# Anyone else ever shoot indoor .22/smallbore?



## deeker (Jan 13, 2011)

As a former hunter education instructor.....we used to shoot for the high of 300 points....10 shots each kneeling/standing/prone....

Winner enjoyed pizza at the losers expense.

A couple of times two of us would shoot 300 and then we would have to make it more interesting....

We would always keep a target an inch or two behind the one we were shooting to show when the bullets would all be in the 10 ring.

With a three foot space between the shooters and targets...


----------



## Madsaw (Jan 13, 2011)

Used to compete in the winter. Been a few years since I have been able too. Seems like every year it was something that caused a issue of not shooting that winter. I could usally average 275-280 per match.
I used a Savage/Anschutz model 64. I have it topped with a Lyman super target dot scope 20 power external adjustments.
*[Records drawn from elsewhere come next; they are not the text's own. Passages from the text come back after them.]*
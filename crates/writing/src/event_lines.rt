// One octet of a line after the other: each goes to the words of a record, or of what is given for the head, or to
// the text area.
use crate::area::{Room, Stretch, part, put_octet};
use crate::head_lines;
use events::{RECORD, strings, tags};
use itoa::Buffer;
use std::fmt;

// What is wrong with a line.
#[derive(Clone, Copy)]
pub enum Fault {
    Letter,
    Space,
    String,
    Digit,
    Fewer,
    More,
    Last,
    After,
    Cut,
    // Of head lines: no table's letter, tables out of their order, no number, too many lines, a line after an event
    // line.
    Table,
    Order,
    Number,
    Many,
    Late,
}

impl fmt::Display for Fault {
    fn fmt<W: fmt::Write>(&self, f: &mut fmt::Formatter<W>) -> fmt::Result {
        f.write_str(match self {
            Fault::Letter => "a line starts with H, N, S, A, T, C, P, E or end",
            Fault::Space => "one space stands before a string",
            Fault::String => "a string starts with - or =",
            Fault::Digit => "a string's octets are pairs of hex digits",
            Fault::Fewer => "the line ends before its last string",
            Fault::More => "the line goes on after its last string",
            Fault::Last => "the last line is end and the number of event lines",
            Fault::After => "no line follows end",
            Fault::Cut => "its line end is missing",
            Fault::Table => "a head line names its table by p, n, l, o, u, v, c, s, E or A",
            Fault::Order => "the tables of head lines come in the order p n l o u v c s E A",
            Fault::Number => "a listed name is three numbers",
            Fault::Many => "there are at most 32768 head lines",
            Fault::Late => "head lines come before event lines",
        })
    }
}

// The first line that is not in the format, by its number, and what is wrong with it.
#[derive(Clone, Copy)]
pub struct Wrong {
    number: u64,
    fault: Fault,
}

impl fmt::Display for Wrong {
    fn fmt<W: fmt::Write>(&self, f: &mut fmt::Formatter<W>) -> fmt::Result {
        write!(
            f,
            "line {} is not in the format: {}",
            self.number, self.fault
        )
    }
}

// What the next octet belongs to.
#[derive(Clone, Copy)]
pub enum Phase {
    Start,
    Gap,
    String,
    // A pair of digits, or what follows a string.
    Pair,
    // The second digit of a pair, with the value of the first.
    Half(u8),
    // A head line: the space after its H, its table's letter, a number's first digit, and its next with the value so
    // far.
    Head,
    Table,
    Number,
    Digits(u32),
    // The last line, with how many octets are there after its e.
    Last(usize),
    Over,
}

// The line at hand, and what the lines before it filled. Sums stop at the top, which no input reaches; so none needs a
// contract.
#[derive(Clone, Copy)]
pub struct Line {
    // From 1.
    pub number: u64,
    // Event lines before this one.
    pub events: u64,
    // Where this line's record starts, and where the words of its next string do.
    pub from: usize,
    pub word: usize,
    // Strings or numbers that the line still has to have, and whether it has numbers.
    pub left: usize,
    pub numbers: bool,
    // The line at hand is a head line; the table of the last one, and how many there were.
    pub heading: bool,
    pub table: usize,
    pub entries: usize,
    // Octets in the text area, and where those of the string at hand start.
    pub fill: usize,
    pub place: usize,
    pub hash: u32,
}

#[derive(Clone, Copy)]
pub struct State {
    pub line: Line,
    pub phase: Phase,
}

pub type Step = Result<State, Wrong>;

// The value of a hex digit.
fn digit(b: u8) -> Option<u8> {
    match b {
        b'0'..=b'9' => Some(b - b'0'),
        b'a'..=b'f' => Some(b - b'a' + 10),
        b'A'..=b'F' => Some(b - b'A' + 10),
        _ => None,
    }
}

// An octet of a line's part, or the line end after it.
fn octet_or_end(s: &[u8], i: usize) -> u8 {
    s.get(i).copied().unwrap_or(b'\n')
}

// What the last line has after its e: "nd", a space, and the number of events.
fn last_octet(events: u64, i: usize) -> u8 {
    if i < 3 {
        return octet_or_end(b"nd ", i);
    }
    let mut digits = Buffer::new();
    octet_or_end(digits.format(events).as_bytes(), i - 3)
}

impl Line {
    pub fn first() -> Line {
        Line {
            number: 1,
            events: 0,
            from: head_lines::WORDS,
            word: 0,
            left: 0,
            numbers: false,
            heading: false,
            table: 0,
            entries: 0,
            fill: 0,
            place: 0,
            hash: 0,
        }
    }

    pub fn at(self, phase: Phase) -> State {
        State { line: self, phase }
    }

    pub fn wrong(self, fault: Fault) -> Wrong {
        Wrong {
            number: self.number,
            fault,
        }
    }

    fn start(mut self, b: u8, room: &mut Room) -> Step {
        if b == b'e' {
            return Ok(self.at(Phase::Last(0)));
        }
        if b == b'H' {
            return head_lines::begin(self);
        }
        let kind = lines::kind_of(b).ok_or(self.wrong(Fault::Letter))?;
        room.put(self.from, kind.number());
        let has = lines::strings_of(kind);
        self.word = self.from.saturating_add(strings::PREFIX + 3 * has.start);
        self.left = has.len();
        Ok(self.at(Phase::Gap))
    }

    // The space before a string or a number, or the line end after the last.
    pub fn gap(mut self, b: u8, room: &mut Room) -> Step {
        if self.left == 0 {
            return self.end(b, room);
        }
        match b {
            b' ' => {
                self.left -= 1;
                Ok(self.at(if self.numbers {
                    Phase::Number
                } else {
                    Phase::String
                }))
            }
            b'\n' => Err(self.wrong(Fault::Fewer)),
            _ => Err(self.wrong(Fault::Space)),
        }
    }

    fn end(mut self, b: u8, room: &mut Room) -> Step {
        if b != b'\n' {
            return Err(self.wrong(Fault::More));
        }
        self.number = self.number.saturating_add(1);
        if self.heading {
            return Ok(head_lines::end(self, room).at(Phase::Start));
        }
        self.events = self.events.saturating_add(1);
        self.from = self.from.saturating_add(RECORD);
        Ok(self.at(Phase::Start))
    }

    fn string(mut self, b: u8) -> Step {
        match b {
            b'-' => {
                self.word = self.word.saturating_add(3);
                Ok(self.at(Phase::Gap))
            }
            b'=' => {
                self.place = self.fill;
                self.hash = 0;
                Ok(self.at(Phase::Pair))
            }
            _ => Err(self.wrong(Fault::String)),
        }
    }

    fn pair(self, b: u8, room: &mut Room) -> Step {
        if let Some(high) = digit(b) {
            return Ok(self.at(Phase::Half(high)));
        }
        match b {
            b' ' | b'\n' => self.kept(room).gap(b, room),
            _ => Err(self.wrong(Fault::Digit)),
        }
    }

    fn half(self, high: u8, b: u8, room: &mut Room) -> Step {
        let low = digit(b).ok_or(self.wrong(Fault::Digit))?;
        Ok(self.octet(high << 4 | low, room).at(Phase::Pair))
    }

    fn octet(mut self, b: u8, room: &mut Room) -> Line {
        self.fill = put_octet(room.text, self.fill, b);
        self.hash = self.hash.wrapping_mul(16777619).wrapping_add(b as u32);
        self
    }

    // The tag of a built-in string in its own place. The text area of a document's events has room for what the
    // document spells, and not for these.
    fn built_in(self, text: &[u8]) -> Option<u32> {
        let string = part(text, self.place, self.fill);
        if self.word == self.from.saturating_add(strings::PREFIX) && string == b"xml".as_slice() {
            return Some(tags::XML_PREFIX);
        }
        if self.word == self.from.saturating_add(strings::NAMESPACE)
            && string == b"http://www.w3.org/XML/1998/namespace".as_slice()
        {
            return Some(tags::XML_NAMESPACE);
        }
        None
    }

    // The string that has ended, into its three words.
    fn kept(mut self, room: &mut Room) -> Line {
        let word = self.word;
        let place = self.place;
        let built_in = self.built_in(room.text);
        self.word = word.saturating_add(3);
        if self.fill <= place {
            room.put(word, tags::EMPTY);
            return self;
        }
        if let Some(tag) = built_in {
            room.put(word, tag);
            self.fill = place;
            return self;
        }
        let mine = Stretch::new(place, self.fill - place);
        let one = room.first_same(self.hash, mine);
        if one != mine {
            self.fill = place;
        }
        room.put(word, tags::STRETCH);
        room.put(word.saturating_add(1), one.place);
        room.put(word.saturating_add(2), one.size);
        self
    }

    fn last(mut self, i: usize, b: u8) -> Step {
        if b != last_octet(self.events, i) {
            return Err(self.wrong(Fault::Last));
        }
        if b == b'\n' {
            self.number = self.number.saturating_add(1);
            return Ok(self.at(Phase::Over));
        }
        Ok(self.at(Phase::Last(i.saturating_add(1))))
    }
}

impl State {
    pub fn step(self, b: u8, room: &mut Room) -> Step {
        let line = self.line;
        match self.phase {
            Phase::Start => line.start(b, room),
            Phase::Gap => line.gap(b, room),
            Phase::String => line.string(b),
            Phase::Pair => line.pair(b, room),
            Phase::Half(high) => line.half(high, b, room),
            Phase::Head => head_lines::space(line, b),
            Phase::Table => head_lines::letter(line, b),
            Phase::Number => head_lines::number(line, b),
            Phase::Digits(n) => head_lines::digits(line, n, b, room),
            Phase::Last(i) => line.last(i, b),
            Phase::Over => Err(line.wrong(Fault::After)),
        }
    }

    // A document ends with a line end, or with the last line.
    pub fn finished(self) -> Result<Line, Wrong> {
        match self.phase {
            Phase::Start | Phase::Over => Ok(self.line),
            _ => Err(self.line.wrong(Fault::Cut)),
        }
    }
}
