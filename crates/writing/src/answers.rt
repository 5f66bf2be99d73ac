// What is printed of a list: its document, or the writer's refusal.
use crate::area::Room;
use crate::event_lines::Line;
use crate::head_lines;
use std::io;
use tables::Counts;

// One octet more than a text area may have, so that the writer sees a longer one to be longer.
pub const LENT: usize = fields::OCTETS + 1;

// The document, whose output is lent as long as it was measured.
fn put_written(
    to: &impl Print,
    out: &mut [u8],
    given: &[u32],
    records: &[u32],
    text: &[u8],
) -> io::Result<()> {
    let mut tables = [0u32; Counts::WORDS];
    let mut counts = [0u32; Counts::TABLES];
    let answer = lomphachit::lomphachit_write(given, records, text, out, &mut tables, &mut counts);
    match lines::outcome(answer) {
        Ok(n) => to.write_all(&out[..n.min(out.len())]),
        Err(refused) => println!(to; "{refused}"),
    }
}

// Measured first: what that refuses is not written.
fn put_measured(to: &impl Print, given: &[u32], records: &[u32], text: &[u8]) -> io::Result<()> {
    let mut tables = [0u32; Counts::WORDS];
    let mut counts = [0u32; Counts::TABLES];
    let answer = lomphachit::lomphachit_measure(given, records, text, &mut tables, &mut counts);
    match lines::outcome(answer) {
        Ok(n) => {
            let mut out = [0u8; fields::OCTETS];
            let n = n.min(fields::OCTETS);
            put_written(to, &mut out[..n], given, records, text)
        }
        Err(refused) => println!(to; "{refused}"),
    }
}

// Without head lines nothing is given for the head.
pub fn put_document(to: &impl Print, line: Line, room: &Room) -> io::Result<()> {
    let words = &room.words[..line.from.min(room.words.len())];
    let text = &room.text[..line.fill.min(LENT).min(room.text.len())];
    let first = head_lines::WORDS.min(words.len());
    let given = if line.entries == 0 {
        0
    } else {
        head_lines::word_of(line.entries)
    };
    put_measured(to, &words[..given.min(first)], &words[first..], text)
}
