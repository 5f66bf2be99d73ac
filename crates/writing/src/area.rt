// The text area: the octets of the lines' strings, each string once.

// A string of the text area.
#[derive(Clone, Copy, PartialEq, Eq)]
pub struct Stretch {
    pub place: u32,
    pub size: u32,
}

// A place or a length as a word. Both are below 32,771.
fn word(x: usize) -> u32 {
    u32::try_from(x).unwrap_or(u32::MAX)
}

impl Stretch {
    pub fn new(place: usize, size: usize) -> Stretch {
        Stretch {
            place: word(place),
            size: word(size),
        }
    }

    fn octets(self, text: &[u8]) -> &[u8] {
        let place = self.place as usize;
        part(text, place, place + self.size as usize)
    }
}

// The text area has room for a string more than it may hold: a string is there whole before it is known to be there a
// second time, and then it is dropped. Where this room ends, more of the text is new than the writer takes, and what
// is left out does not matter. Answers where the next octet goes.
pub fn put_octet(text: &mut [u8], at: usize, b: u8) -> usize {
    match text.get_mut(at) {
        Some(octet) => {
            *octet = b;
            at.saturating_add(1)
        }
        None => at,
    }
}

// The octets from `from` to `to`. The tests here stand in for a contract that says that a string is within the text.
pub fn part(text: &[u8], from: usize, to: usize) -> &[u8] {
    text.get(from..to).unwrap_or(b"")
}

// What the lines fill: the text area, where its strings are, and the words that are given for the head and those of the
// records.
#[derive(Drop)]
pub struct Room<'a> {
    pub text: &'a mut [u8],
    pub known: &'a mut [Option<(u32, Stretch)>],
    pub words: &'a mut [u32],
}

impl Room<'_> {
    // Events after the room for records are counted and not kept: the writer refuses the list before it comes to them.
    pub fn put(&mut self, at: usize, x: u32) {
        if let Some(word) = self.words.get_mut(at) {
            *word = x;
        }
    }

    // The first string that has the octets of the one at hand, so that the text area of a document's events is no longer
    // than the document, however often a name comes again. The strings are found by their hash, which stands beside each,
    // so that of those from its slot on only the octets of one with the same hash are compared. Where no slot is left,
    // the strings have more octets than a text area may have, and none matters.
    pub fn first_same(&mut self, hash: u32, mine: Stretch) -> Stretch {
        let n = self.known.len();
        for k in 0..n {
            let at = (hash as usize).saturating_add(k) % n;
            match self.known[at] {
                None => {
                    self.known[at] = Some((hash, mine));
                    return mine;
                }
                Some((other, one)) => {
                    let text = &self.text[..];
                    if other == hash && one.octets(text) == mine.octets(text) {
                        return one;
                    }
                }
            }
        }
        mine
    }
}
It had a custom stock with a anschutz fully adjustable butt plate and a freeland front rail. I have a Freeland D handle off hand rest on it too.
That setup can shoot way better then I can jerk the trigger. The trigger is set at 6 oz. Also the cost of the ammo is crazy now days. For a few years I shot PMC target master loads till the stopped making them. Then got a deal on 8 bricks of elley club brown label.

Bob


----------



## indiansprings (Jan 13, 2011)

Yep, shot 4 years on a high school ROTC team and 4 years competively on a college rifle team/ROTC. Love it, it can make a real shooter out of you,pdq if you stick with it.


----------



## derwoodii (Jan 13, 2011)

Been shootin small bore 22 bench at my local club for 2+ years now & just getting the bugs out of my rifle and more important myself.
Its nice, quiet cheap an a mediative time to myself just gettin that bit o lead in the middle of the circle.
My sons been shootin 1 year or so and is better than me already, sniff. He is lookin for his 1st rifle at the mo, we are unsure what, Ruger 77/22, Savage Mk2/TR or even a Marlin 39a Gold is in the list over then next few month we'll figure it out.


----------



## discounthunter (Jan 15, 2011)

for a couple of years during the winter we shot .22's is the basement of a high school.you could bring your own or use one of the instructors or borrow someones,bolt actions only,no scopes.it was actually a locker room under the gym.ironically it was a catholic school too. wow, shooting firearms in a catholic school,how times have changed!


----------



## Windwalker7 (Jan 18, 2011)

I use to do that in a winter league back in the late 1980's. I had this old rifle my father picked up somewhere. I don't even know what make it was.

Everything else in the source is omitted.